= Matthew Ridley (barrister) =

Matthew Ridley (14 November 1711 – 6 April 1778), of Heaton, Northumberland, was a barrister, country gentleman, brewer, coal magnate, owner of glass-works, and governor of a company of merchant adventurers in Newcastle upon Tyne. He was four times mayor of the borough and from 1747 to 1774 also represented it as a member of parliament in the House of Commons.

==Early life==
The Ridley family had belonged to the landed gentry of Northumberland since the early 15th century. Ridley was the eldest son of Richard Ridley of Heaton and Newcastle upon Tyne, by his marriage to Margaret White, a daughter of Matthew White of Blagdon. His father owned collieries at Heaton. The young Ridley was educated at Westminster School, where he arrived in 1724, St John's College, Oxford, where he matriculated in December 1727, aged sixteen, and Gray's Inn, to which he was admitted in 1728. He was created a Master of Arts at Oxford in 1730 and was called to the bar in 1732.

On 2 November 1739, Ridley’s father died, and he succeeded him.

==Career==
Ridley was elected as Mayor of Newcastle in 1733. By 1739, the year of his father’s death, he was governor of the Newcastle-upon-Tyne Company of Merchant Adventurers and was also a coal magnate, the owner of a brewery and a glass-works, and a leader of the Newcastle business community. He was elected as mayor three more times, in 1745, 1751, and 1759.

In 1747 Ridley was first elected as one of the two members of parliament for the borough of Newcastle and was returned unopposed at all later elections. He had no Government contracts, offices, or honours, and was as independent in spirit as the other member for the borough, Walter Blackett, but was usually considered a government supporter. In November 1762, the Whig leader the Duke of Newcastle listed Ridley as ‘doubtful’, but on 10 May 1764 he marked him down as a ‘sure friend’, and on 2 March 1767 as a friend. In the Parliament of 1768, every recorded vote of Ridley’s was against the government. He retired from parliament undefeated in 1774 and was succeeded by his son Sir Matthew White Ridley, 2nd Baronet, who by a special remainder had already succeeded to the baronetcy of his mother’s brother and the Blagdon Hall estate.

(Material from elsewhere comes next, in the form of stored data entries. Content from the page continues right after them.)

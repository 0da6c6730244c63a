//! The line of a node that scontrol(1) shows.

ghost use Rattle.std.specs.Prelude.{◌≡◌, ◌++◌, OnOk};
ghost use Rattle.table_texts.specs.ShowNode.{group_word, report_text, node_pairs, standing_pairs, node_line};

use crate::values::{push_names_or_null, push_pair};
use reply_data::view::{NodeGroup, NodeRow};
use request_data::report::Heard;
use small_texts::memory_error::Memory;
use small_texts::pieces::{push_labelled, push_number, push_text};

/// Writes the line of a node. Linear in the text.
#[tactic(auto, unfolding(crate::specs::ShowNode::node_line))]
pub fn push_node_line(out: &mut Vec<u8>, row: &NodeRow) -> Result<(), Memory>
    ensures { OnOk result (out.new.items ≡ out.old.items ++ node_line row.now) }
{
    push_node_pairs(out, row)?;
    push_standing_pairs(out, row)?;
    push_text(out, b"\n")
}

#[tactic(auto, unfolding(crate::specs::ShowNode::node_pairs))]
fn push_node_pairs(out: &mut Vec<u8>, row: &NodeRow) -> Result<(), Memory>
    ensures { OnOk result (out.new.items ≡ out.old.items ++ node_pairs row.now) }
{
    push_pair(out, b"NodeName=", row.name.as_bytes())?;
    push_labelled(out, b" CPUAlloc=", row.held)?;
    push_labelled(out, b" CPUTot=", row.cpus)?;
    push_labelled(out, b" RealMemory=", row.mem)?;
    push_labelled(out, b" AllocMem=", row.held_mem)?;
    Ok(())
}

#[tactic(auto, unfolding(crate::specs::ShowNode::standing_pairs))]
fn push_standing_pairs(out: &mut Vec<u8>, row: &NodeRow) -> Result<(), Memory>
    ensures { OnOk result (out.new.items ≡ out.old.items ++ standing_pairs row.now) }
{
    push_pair(out, b" State=", word(row.group))?;
    push_labelled(out, b" Weight=", row.weight)?;
    push_text(out, b" Features=")?;
    push_names_or_null(out, row.features.as_slice())?;
    push_text(out, b" LastReport=")?;
    push_report(out, row.heard)?;
    Ok(())
}

fn push_report(out: &mut Vec<u8>, heard: Option<Heard>) -> Result<(), Memory>
    ensures { OnOk result (out.new.items ≡ out.old.items ++ report_text heard) }
{
    match heard {
        Some(heard) => {
            push_number(out, heard.boot)?;
            push_labelled(out, b".", heard.number)
        }
        None => push_text(out, b"(null)"),
    }
}

fn word(group: NodeGroup) -> &'static [u8]
    ensures { result.now ≡ group_word group }
{
    match group {
        NodeGroup::Down => b"DOWN",
        NodeGroup::Draining => b"DRAINING",
        NodeGroup::Drained => b"DRAINED",
        NodeGroup::Allocated => b"ALLOCATED",
        NodeGroup::Mixed => b"MIXED",
        NodeGroup::Idle => b"IDLE",
    }
}
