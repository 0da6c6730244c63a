//! The line of a reservation that scontrol(1) shows.

ghost use Rattle.std.specs.Prelude.{◌≡◌, ◌++◌, OnOk};
ghost use Rattle.table_texts.specs.ShowReservation.{time_pairs, member_pairs, reservation_line};

use crate::columns::push_moment;
use crate::values::{push_hosts_or_null, push_names_or_null, push_pair};
use reply_data::view::ResRow;
use small_texts::memory_error::Memory;
use small_texts::pieces::push_text;
use std::alloc::Global;

/// Writes the line of a reservation. Linear in the text, but for the names of its nodes, which are sorted.
#[tactic(auto, unfolding(crate::specs::ShowReservation::reservation_line))]
pub fn push_reservation_line(alloc: Global, out: &mut Vec<u8>, row: &ResRow) -> Result<(), Memory>
    ensures { OnOk result (out.new.items ≡ out.old.items ++ reservation_line row.now) }
{
    push_time_pairs(out, row)?;
    push_member_pairs(alloc, out, row)?;
    push_text(out, b"\n")
}

#[tactic(auto, unfolding(crate::specs::ShowReservation::time_pairs))]
fn push_time_pairs(out: &mut Vec<u8>, row: &ResRow) -> Result<(), Memory>
    ensures { OnOk result (out.new.items ≡ out.old.items ++ time_pairs row.now) }
{
    push_pair(out, b"ReservationName=", row.name.as_bytes())?;
    push_text(out, b" StartTime=")?;
    push_moment(out, row.start)?;
    push_text(out, b" EndTime=")?;
    push_moment(out, row.end)?;
    Ok(())
}

#[tactic(auto, unfolding(crate::specs::ShowReservation::member_pairs))]
fn push_member_pairs(alloc: Global, out: &mut Vec<u8>, row: &ResRow) -> Result<(), Memory>
    ensures { OnOk result (out.new.items ≡ out.old.items ++ member_pairs row.now) }
{
    push_text(out, b" Nodes=")?;
    push_hosts_or_null(alloc, out, row.nodes.as_slice())?;
    push_text(out, b" Users=")?;
    push_names_or_null(out, row.users.as_slice())?;
    push_text(out, b" Accounts=")?;
    push_names_or_null(out, row.accounts.as_slice())?;
    Ok(())
}
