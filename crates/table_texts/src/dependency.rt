//! The text of what a job waits for.

ghost use Rattle.std.specs.Prelude.{◌≡◌, ◌++◌, flat_map, OnOk};
ghost use Rattle.table_texts.specs.Dependency.{kind_word, index_text, id_text, item_text, mark, later_item, items_text, dependency_text};

use plain_data::boxed::Boxed;
use plain_data::dependency::{DepId, DepItem, DepKind, DepSpec};
use small_texts::memory_error::Memory;
use small_texts::pieces::{push_labelled, push_text};

/// Writes what a job waits for, as `--dependency` of sbatch(1) takes it.
#[tactic(auto, unfolding(crate::specs::Dependency::dependency_text))]
pub fn push_dependency(out: &mut Vec<u8>, dependency: &Option<Boxed<DepSpec>>) -> Result<(), Memory>
    ensures { OnOk result (out.new.items ≡ out.old.items ++ dependency_text dependency.now) }
{
    match dependency {
        Some(spec) => push_items(out, spec.any, spec.items.as_slice()),
        None => push_text(out, b"(null)"),
    }
}

fn push_items(out: &mut Vec<u8>, any: bool, items: &[DepItem]) -> Result<(), Memory>
    ensures { OnOk result (out.new.items ≡ out.old.items ++ items_text any items.now) }
{
    let Some((first, others)) = items.split_first() else {
        return Ok(());
    };
    push_item(out, first)?;
    push_later_items(out, any, others)
}

fn push_later_items(out: &mut Vec<u8>, any: bool, items: &[DepItem]) -> Result<(), Memory>
    ensures { OnOk result (out.new.items ≡ out.old.items ++ flat_map (later_item any) items.now) }
{
    for item in items {
        push_text(out, mark_between(any))?;
        push_item(out, item)?;
    }
    Ok(())
}

fn push_item(out: &mut Vec<u8>, item: &DepItem) -> Result<(), Memory>
    ensures { OnOk result (out.new.items ≡ out.old.items ++ item_text item.now) }
{
    push_text(out, word(item.kind))?;
    push_ids(out, item.ids.as_slice())
}

fn push_ids(out: &mut Vec<u8>, ids: &[DepId]) -> Result<(), Memory>
    ensures { OnOk result (out.new.items ≡ out.old.items ++ flat_map id_text ids.now) }
{
    for id in ids {
        push_labelled(out, b":", u64::from(id.id))?;
        push_index(out, id.index)?;
    }
    Ok(())
}

fn push_index(out: &mut Vec<u8>, index: Option<u32>) -> Result<(), Memory>
    ensures { OnOk result (out.new.items ≡ out.old.items ++ index_text index) }
{
    match index {
        Some(index) => push_labelled(out, b"_", u64::from(index)),
        None => Ok(()),
    }
}

fn mark_between(any: bool) -> &'static [u8]
    ensures { result.now ≡ mark any }
{
    if any { b"?" } else { b"," }
}

fn word(kind: DepKind) -> &'static [u8]
    ensures { result.now ≡ kind_word kind }
{
    match kind {
        DepKind::After => b"after",
        DepKind::AfterAny => b"afterany",
        DepKind::AfterOk => b"afterok",
        DepKind::AfterNotOk => b"afternotok",
        DepKind::AfterCorr => b"aftercorr",
        DepKind::Singleton => b"singleton",
    }
}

Ridley became a Bencher of his Inn in 1749 and was Treasurer of Gray’s Inn in 1765.

A monument to Ridley was erected in 1787 in Newcastle Cathedral sculpted by John Bacon.

==Private life==
In 1735, Ridley married firstly, and secretly, Hannah, a daughter of Joseph Barnes of Newcastle, merchant, and they had one son. The marriage was declared clandestine and unlawful, so on 3 May 1736 it was repeated, but this time under the names of Matthew Roberts and Hannah Booth. However, Hannah died on 7 November 1741.

On 18 November 1742, Ridley married secondly Elizabeth, a daughter of Matthew White of Blagdon and a sister of Sir Matthew White, 1st Baronet. They had eight sons (two of whom died in childhood) and four daughters.

The only child of the first marriage, Nicholas Ridley, born in London on 5 July 1736, rose to the rank of major in a foot regiment, but did not inherit the estate at Heaton. Despite this he remained on friendly terms with the sons of Matthew Ridley’s second wife.